Submitted to: Applied and Environmental Microbiology
Publication Type: Peer reviewed journal
Publication Acceptance Date: 8/25/2003
Publication Date: 11/15/2003
Citation: Butchko, R.A., Plattner, R.D., Proctor, R. 2003. FUM9 is required for C-5 hydroxylation of fumonisins and complements the meitotically defined Fum3 locus in Gibberella moniliformis. Applied and Environmental Microbiology. 69(11):6935-6937. Interpretive Summary: Gibberella moniliformis is a fungus that can cause diseases such as ear and stalk rot of maize. Along with causing a disease on the plant, the fungus also produces a toxic chemical that can cause staggers in horses, lung disease in swine and has been shown to cause cancer in laboratory animals. We are trying to understand the biology of the fungus and how it relates to toxin production. We are interested in understanding the genetics underlying the biochemistry of toxin production. One way in which we study the function of individual genes is to eliminate the function of the gene by a process called gene knockout. In this study, we are interested in the function of a gene called FUM9 and its role in toxin production. We have knocked out the FUM9 gene and we have studies the effect of eliminating FUM9 on toxin production. In this case, we have found that FUM9 is necessary for a particular biochemical reaction during toxin production. This information has allowed us to understand more fully the biochemical process of toxin production. We hope to use this understanding to reduce the occurrence of this toxin in maize.

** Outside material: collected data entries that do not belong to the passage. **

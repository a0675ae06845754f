//! The body of a record: the text of a batch, both ways.
ghost use Rattle.std.specs.Prelude.{◌≡◌, ◌⊎◌, ◌↔◌, ◌++◌, ◌∷◌, [], map, IfOk, IfErr, IsErrOf, OnOk, IsTrue, Ok, Err};
ghost use Rattle.cat_tree.specs.Data.{words, items_of};
ghost use Rattle.cat_tree.specs.Read.{ReadsAs};
ghost use Rattle.cat_tree.specs.Text.{text_of};
ghost use Rattle.cat_tree.specs.View.{data_of};
ghost use Rattle.cat_keeper.specs.Store.{Changes};
ghost use Rattle.cat_journal.specs.Batches.{change_data, batch_data, batch_text, IsText};
ghost use Rattle.cat_journal.specs.Parsed as parsed;

use cat_collections::map::rise;
use cat_keeper::rows::{Batch, Change};
use cat_keeper::table::Table;
use cat_tree::read::{TreeFault, read};
use cat_tree::text::Text;
use cat_tree::tree::{Tree, Trees};
use cat_tree::write::write;
use cat_types::reference::text_in;
use std::alloc::{AllocError, AllocFailed, Global};

/// Why a body gives no batch.
#[derive(Clone, Copy, Drop)]
pub enum BodyFault {
    /// It isn't the text of a batch.
    NoBatch,
    /// Memory is wanted.
    NoMemory,
}

impl From<AllocError> for BodyFault {
    ghost use Rattle.std.specs.Prelude.{◌≡◌};
    ghost use Rattle.cat_journal.specs.declared.body.BodyFault.TheVariants.{NoMemory};

    ghost from_gives = { λ _ e. e ≡ NoMemory };

    fn from(_refused: AllocError) -> BodyFault {
        BodyFault::NoMemory
    }
}

impl<T: Drop> From<AllocFailed<T>> for BodyFault {
    ghost use Rattle.std.specs.Prelude.{◌≡◌};
    ghost use Rattle.cat_journal.specs.declared.body.BodyFault.TheVariants.{NoMemory};

    ghost from_gives = { λ _ e. e ≡ NoMemory };

    fn from(_refused: AllocFailed<T>) -> BodyFault {
        BodyFault::NoMemory
    }
}

/// One change with the row that it is of.
pub type Entry = ((Table, Text), Change);

// A text as a tree.
fn words(alloc: Global, text: &str) -> Result<Tree, AllocError>
    ensures { IfOk result (λ t. data_of t ≡ words text.now) }
{
    Ok(Tree::Words(Text::of(alloc, text)?))
}

// The number of a table and a key, as trees.
fn key_trees(alloc: Global, key: &(Table, Text)) -> Result<Vec<Tree>, AllocError>
    ensures { IfOk result (λ v. map data_of v.items ≡ parsed.table_data key.now.0 ∷ words key.now.1 ∷ []) }
{
    let mut parts = Vec::with_capacity(alloc, 3)?;
    parts.push(Tree::Whole(key.0.number() as i128))?;
    parts.push(words(alloc, key.1.as_str())?)?;
    Ok(parts)
}

// The tree of one change.
fn change_tree(alloc: Global, key: &(Table, Text), change: &Change) -> Result<Tree, AllocError>
    ensures { IfOk result (λ t. data_of t ≡ change_data (key.now, change.now)) }
{
    let mut parts = key_trees(alloc, key)?;
    match change {
        Change::Put(value) => {
            parts.push(words(alloc, value.as_str())?)?;
            Ok(Tree::List(Trees::from_vec(parts)))
        }
        Change::Gone => Ok(Tree::List(Trees::from_vec(parts))),
    }
}

// The tree of a batch.
fn batch_tree(alloc: Global, batch: &Batch) -> Result<Tree, AllocError>
    ensures { IfOk result (λ t. data_of t ≡ batch_data batch.now) }
{
    let mut trees = Vec::with_capacity(alloc, batch.len())?;
    for entry in batch.iter() {
        trees.push(change_tree(alloc, &entry.0, &entry.1)?)?;
    }
    Ok(Tree::List(Trees::from_vec(trees)))
}

/// Appends the text of a batch: compact JSON (RFC 8259), a list of `[TABLE,KEY,VALUE]` for a value that is put and of
/// `[TABLE,KEY]` for a row that is gone, in the order of the rows.
pub fn push_batch(alloc: Global, batch: &Batch, out: &mut Vec<u8>) -> Result<(), AllocError>
    ensures ok { OnOk result (out.new.items ≡ out.old.items ++ batch_text batch.now) }
    ensures spelled { OnOk result (IsText batch.now (batch_text batch.now)) }
{
    batch.in_order();
    let tree = batch_tree(alloc, batch)?;
    write(alloc, &tree, out)
}

// The number of 64 bits that a tree is.
fn number_in(tree: &Tree) -> Result<u64, BodyFault>
    ensures { result ≡ parsed.number_in (data_of tree.now) }
{
    match tree {
        Tree::Whole(value) => {
            if 0 <= *value && *value <= u64::MAX as i128 {
                Ok(*value as u64)
            } else {
                Err(BodyFault::NoBatch)
            }
        }
        _ => Err(BodyFault::NoBatch),
    }
}

// The table of a number.
fn table_at(number: u64) -> Result<Table, BodyFault>
    ensures { result ≡ parsed.table_at number }
{
    match Table::at(number) {
        Some(table) => Ok(table),
        None => Err(BodyFault::NoBatch),
    }
}

// The table whose number a tree is.
fn table_in(tree: &Tree) -> Result<Table, BodyFault>
    ensures { result ≡ parsed.table_in (data_of tree.now) }
{
    match number_in(tree) {
        Ok(number) => table_at(number),
        Err(fault) => Err(fault),
    }
}

// A copy of the text that a tree is.
fn words_in(alloc: Global, tree: &Tree) -> Result<Text, BodyFault>
    ensures ok { IfOk result (λ t. parsed.words_in (data_of tree.now) ≡ Ok t) }
    ensures err { IfErr result (λ e. (parsed.words_in (data_of tree.now) ≡ Err e) ⊎ (e ≡ BodyFault.NoMemory)) }
{
    match text_in(tree) {
        Some(text) => Ok(Text::of(alloc, text)?),
        None => Err(BodyFault::NoBatch),
    }
}

// The row that a change is of.
fn key_in(alloc: Global, table: &Tree, key: &Tree) -> Result<(Table, Text), BodyFault>
    ensures ok { IfOk result (λ k. parsed.key_in (data_of table.now) (data_of key.now) ≡ Ok k) }
    ensures err { IfErr result (λ e. (parsed.key_in (data_of table.now) (data_of key.now) ≡ Err e) ⊎ (e ≡ BodyFault.NoMemory)) }
{
    let table = table_in(table)?;
    let key = words_in(alloc, key)?;
    Ok((table, key))
}

fn gone_in(alloc: Global, table: &Tree, key: &Tree) -> Result<Entry, BodyFault>
    ensures ok { IfOk result (λ c. parsed.gone_in (data_of table.now) (data_of key.now) ≡ Ok c) }
    ensures err { IfErr result (λ e. (parsed.gone_in (data_of table.now) (data_of key.now) ≡ Err e) ⊎ (e ≡ BodyFault.NoMemory)) }
{
    let key = key_in(alloc, table, key)?;
    Ok((key, Change::Gone))
}

fn put_in(alloc: Global, table: &Tree, key: &Tree, value: &Tree) -> Result<Entry, BodyFault>
    ensures ok { IfOk result (λ c. parsed.put_in (data_of table.now) (data_of key.now) (data_of value.now) ≡ Ok c) }
    ensures err { IfErr result (λ e. (parsed.put_in (data_of table.now) (data_of key.now) (data_of value.now) ≡ Err e) ⊎ (e ≡ BodyFault.NoMemory)) }
{
    let key = key_in(alloc, table, key)?;
    let value = words_in(alloc, value)?;
    Ok((key, Change::Put(value)))
}

// The change of two or three trees.
fn change_of(alloc: Global, trees: &[Tree]) -> Result<Entry, BodyFault>
    ensures ok { IfOk result (λ c. parsed.change_of (items_of (map data_of trees.now)) ≡ Ok c) }
    ensures err { IfErr result (λ e. (parsed.change_of (items_of (map data_of trees.now)) ≡ Err e) ⊎ (e ≡ BodyFault.NoMemory)) }
{
    if trees.len() == 2 {
        return gone_in(alloc, &trees[0], &trees[1]);
    }
    if trees.len() == 3 {
        return put_in(alloc, &trees[0], &trees[1], &trees[2]);
    }
    Err(BodyFault::NoBatch)
}

fn change_in(alloc: Global, tree: &Tree) -> Result<Entry, BodyFault>
    ensures ok { IfOk result (λ c. parsed.change_in (data_of tree.now) ≡ Ok c) }
    ensures err { IfErr result (λ e. (parsed.change_in (data_of tree.now) ≡ Err e) ⊎ (e ≡ BodyFault.NoMemory)) }
{
    match tree {
        Tree::List(trees) => change_of(alloc, trees.as_slice()),
        _ => Err(BodyFault::NoBatch),
    }
}

// The changes of a list.
fn changes_of(alloc: Global, trees: &[Tree]) -> Result<Vec<Entry>, BodyFault>
    ensures ok { IfOk result (λ cs. parsed.changes_of (items_of (map data_of trees.now)) ≡ Ok cs.items) }
    ensures err { IfErr result (λ e. (parsed.changes_of (items_of (map data_of trees.now)) ≡ Err e) ⊎ (e ≡ BodyFault.NoMemory)) }
{
    let mut changes = Vec::with_capacity(alloc, trees.len())?;
    for tree in trees {
        changes.push(change_in(alloc, tree)?)?;
    }
    Ok(changes)
}

fn changes_in(alloc: Global, tree: &Tree) -> Result<Vec<Entry>, BodyFault>
    ensures ok { IfOk result (λ cs. parsed.changes_in (data_of tree.now) ≡ Ok cs.items) }
    ensures err { IfErr result (λ e. (parsed.changes_in (data_of tree.now) ≡ Err e) ⊎ (e ≡ BodyFault.NoMemory)) }
{
    match tree {
        Tree::List(trees) => changes_of(alloc, trees.as_slice()),
        _ => Err(BodyFault::NoBatch),
    }
}

// The tree of a body.
fn body_tree(alloc: Global, body: &[u8]) -> Result<Tree, BodyFault>
    ensures ok { IfOk result (λ t. ReadsAs body.now (data_of t)) }
    ensures none { IsErrOf result BodyFault.NoBatch → (cs : Changes) → ReadsAs body.now (batch_data cs) → ⊥ }
{
    match read(alloc, body) {
        Ok(tree) => Ok(tree),
        Err(TreeFault::NoMemory) => Err(BodyFault::NoMemory),
        Err(_) => Err(BodyFault::NoBatch),
    }
}

// Whether this is the tree's compact text.
fn has_text(alloc: Global, tree: &Tree, body: &[u8]) -> Result<bool, AllocError>
    ensures { IfOk result (λ b. IsTrue b ↔ (text_of (data_of tree.now) ≡ body.now)) }
{
    let mut out = Vec::with_capacity(alloc, body.len())?;
    write(alloc, tree, &mut out)?;
    Ok(out.as_slice() == body)
}

/// The changes of the batch that has this text, in the order of the rows. `NoBatch` comes exactly where no batch has it.
pub fn changes(alloc: Global, body: &[u8]) -> Result<Vec<Entry>, BodyFault>
    ensures ok { IfOk result (λ cs. IsText cs.items body.now) }
    ensures none { IsErrOf result BodyFault.NoBatch → (cs : Changes) → IsText cs body.now → ⊥ }
{
    let tree = body_tree(alloc, body)?;
    let changes = changes_in(alloc, &tree)?;
    if has_text(alloc, &tree, body)? && rise(changes.as_slice()) {
        Ok(changes)
    } else {
        Err(BodyFault::NoBatch)
    }
}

Technical Abstract: Fumonisins are mycotoxins produced by the fungus Gibberella moniliformis, one of the most common pathogens of maize worldwide. Wild-type strains of G. moniliformis produce predominantly four fumonisins (FB1, FB2, FB3 and FB4) that differ from each other by the presence or absence of hydroxyl groups at carbons 5 (C-5) and 10 of the polyketide-derived backbone. Here, we describe the role of the FUM9 gene in fumonisin biosynthesis in G. moniliformis. FUM9 is located in the fumonisin biosynthetic gene cluster (FUM) and is predicted to encode a dioxygenase. FUM9 deletion mutants only produce fumonisins that lack the C-5 hydroxyl group (FB3 and FB4). This is the same fumonisin production phenotype exhibited by previously described mutants of G. moniliformis with defective alleles at the meitotically defined Fum3 locus. Nucleotide sequence analysis of the FUM9 gene in one of these Fum3 mutants revealed a single C to T transition that introduces a stop codon in the coding region. Transformation of a wild-type FUM9 allele into the same Fum3 mutant restored wild-type fumonisin production. These results indicate that the FUM9 protein catalyzes C-5 hydroxylation during fumonisin biosynthesis. In addition, the results demonstrate that FUM9 and the Fum3 locus are the same gene. Because Fum3 was described first, we propose that FUM9 be renamed FUM3.